## EXERCISE MATERIALS
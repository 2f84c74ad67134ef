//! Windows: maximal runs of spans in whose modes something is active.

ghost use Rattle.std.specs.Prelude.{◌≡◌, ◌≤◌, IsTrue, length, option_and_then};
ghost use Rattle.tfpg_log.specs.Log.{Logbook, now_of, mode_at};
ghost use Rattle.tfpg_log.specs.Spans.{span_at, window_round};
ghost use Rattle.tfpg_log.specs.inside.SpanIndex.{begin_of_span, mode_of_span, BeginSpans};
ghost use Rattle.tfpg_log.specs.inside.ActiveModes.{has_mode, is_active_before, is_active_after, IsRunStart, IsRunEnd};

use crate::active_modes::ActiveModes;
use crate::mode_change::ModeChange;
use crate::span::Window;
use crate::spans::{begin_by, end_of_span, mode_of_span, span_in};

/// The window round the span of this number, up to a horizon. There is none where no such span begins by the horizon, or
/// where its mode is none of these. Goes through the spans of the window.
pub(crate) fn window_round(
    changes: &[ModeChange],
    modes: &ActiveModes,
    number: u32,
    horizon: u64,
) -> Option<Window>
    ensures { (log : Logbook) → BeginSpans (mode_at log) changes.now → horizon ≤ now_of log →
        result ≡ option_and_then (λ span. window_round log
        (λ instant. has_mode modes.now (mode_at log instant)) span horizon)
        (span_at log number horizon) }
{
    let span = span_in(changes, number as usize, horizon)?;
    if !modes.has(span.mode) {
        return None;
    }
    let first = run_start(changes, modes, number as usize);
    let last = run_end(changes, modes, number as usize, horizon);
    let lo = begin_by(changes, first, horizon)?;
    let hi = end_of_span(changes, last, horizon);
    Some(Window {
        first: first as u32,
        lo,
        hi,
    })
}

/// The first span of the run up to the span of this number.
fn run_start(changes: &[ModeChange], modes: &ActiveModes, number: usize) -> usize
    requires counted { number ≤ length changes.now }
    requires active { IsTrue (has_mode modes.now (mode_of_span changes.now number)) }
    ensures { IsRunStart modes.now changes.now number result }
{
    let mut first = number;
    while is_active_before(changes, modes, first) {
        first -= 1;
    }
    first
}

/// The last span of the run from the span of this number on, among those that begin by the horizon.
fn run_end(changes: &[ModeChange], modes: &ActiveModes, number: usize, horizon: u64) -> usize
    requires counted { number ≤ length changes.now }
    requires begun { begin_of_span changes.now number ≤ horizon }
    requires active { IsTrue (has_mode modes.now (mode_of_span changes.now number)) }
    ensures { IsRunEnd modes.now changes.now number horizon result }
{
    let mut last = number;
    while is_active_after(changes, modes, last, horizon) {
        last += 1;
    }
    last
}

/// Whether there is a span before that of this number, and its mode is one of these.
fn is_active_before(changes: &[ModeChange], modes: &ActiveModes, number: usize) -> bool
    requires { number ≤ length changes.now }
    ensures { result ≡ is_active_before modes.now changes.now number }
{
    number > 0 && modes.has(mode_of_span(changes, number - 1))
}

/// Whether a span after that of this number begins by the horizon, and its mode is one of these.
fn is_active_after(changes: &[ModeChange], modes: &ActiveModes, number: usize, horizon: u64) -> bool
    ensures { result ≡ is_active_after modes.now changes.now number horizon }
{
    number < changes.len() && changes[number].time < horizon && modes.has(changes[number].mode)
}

## PROBLEM TO WORK ON
Your task is to reproduce each entry exactly.

## OUTPUT FOR THIS TASK
repository 2f84c74ad67134ef
//! Windows: maximal runs of spans in whose modes something is active.

ghost use Rattle.std.specs.Prelude.{◌≡◌, ◌≤◌, IsTrue, length, option_and_then};
ghost use Rattle.tfpg_log.specs.Log.{Logbook, now_of, mode_at};
ghost use Rattle.tfpg_log.specs.Spans.{span_at, window_round};
ghost use Rattle.tfpg_log.specs.inside.SpanIndex.{begin_of_span, mode_of_span, BeginSpans};
ghost use Rattle.tfpg_log.specs.inside.ActiveModes.{has_mode, is_active_before, is_active_after, IsRunStart, IsRunEnd};

use crate::active_modes::ActiveModes;
use crate::mode_change::ModeChange;
use crate::span::Window;
use crate::spans::{begin_by, end_of_span, mode_of_span, span_in};

/// The window round the span of this number, up to a horizon. There is none where no such span begins by the horizon, or
/// where its mode is none of these. Goes through the spans of the window.
pub(crate) fn window_round(
    changes: &[ModeChange],
    modes: &ActiveModes,
    number: u32,
    horizon: u64,
) -> Option<Window>
    ensures { (log : Logbook) → BeginSpans (mode_at log) changes.now → horizon ≤ now_of log →
        result ≡ option_and_then (λ span. window_round log
        (λ instant. has_mode modes.now (mode_at log instant)) span horizon)
        (span_at log number horizon) }
{
    let span = span_in(changes, number as usize, horizon)?;
    if !modes.has(span.mode) {
        return None;
    }
    let first = run_start(changes, modes, number as usize);
    let last = run_end(changes, modes, number as usize, horizon);
    let lo = begin_by(changes, first, horizon)?;
    let hi = end_of_span(changes, last, horizon);
    Some(Window {
        first: first as u32,
        lo,
        hi,
    })
}

/// The first span of the run up to the span of this number.
fn run_start(changes: &[ModeChange], modes: &ActiveModes, number: usize) -> usize
    requires counted { number ≤ length changes.now }
    requires active { IsTrue (has_mode modes.now (mode_of_span changes.now number)) }
    ensures { IsRunStart modes.now changes.now number result }
{
    let mut first = number;
    while is_active_before(changes, modes, first) {
        first -= 1;
    }
    first
}

/// The last span of the run from the span of this number on, among those that begin by the horizon.
fn run_end(changes: &[ModeChange], modes: &ActiveModes, number: usize, horizon: u64) -> usize
    requires counted { number ≤ length changes.now }
    requires begun { begin_of_span changes.now number ≤ horizon }
    requires active { IsTrue (has_mode modes.now (mode_of_span changes.now number)) }
    ensures { IsRunEnd modes.now changes.now number horizon result }
{
    let mut last = number;
    while is_active_after(changes, modes, last, horizon) {
        last += 1;
    }
    last
}

/// Whether there is a span before that of this number, and its mode is one of these.
fn is_active_before(changes: &[ModeChange], modes: &ActiveModes, number: usize) -> bool
    requires { number ≤ length changes.now }
    ensures { result ≡ is_active_before modes.now changes.now number }
{
    number > 0 && modes.has(mode_of_span(changes, number - 1))
}

/// Whether a span after that of this number begins by the horizon, and its mode is one of these.
fn is_active_after(changes: &[ModeChange], modes: &ActiveModes, number: usize, horizon: u64) -> bool
    ensures { result ≡ is_active_after modes.now changes.now number horizon }
{
    number < changes.len() && changes[number].time < horizon && modes.has(changes[number].mode)
}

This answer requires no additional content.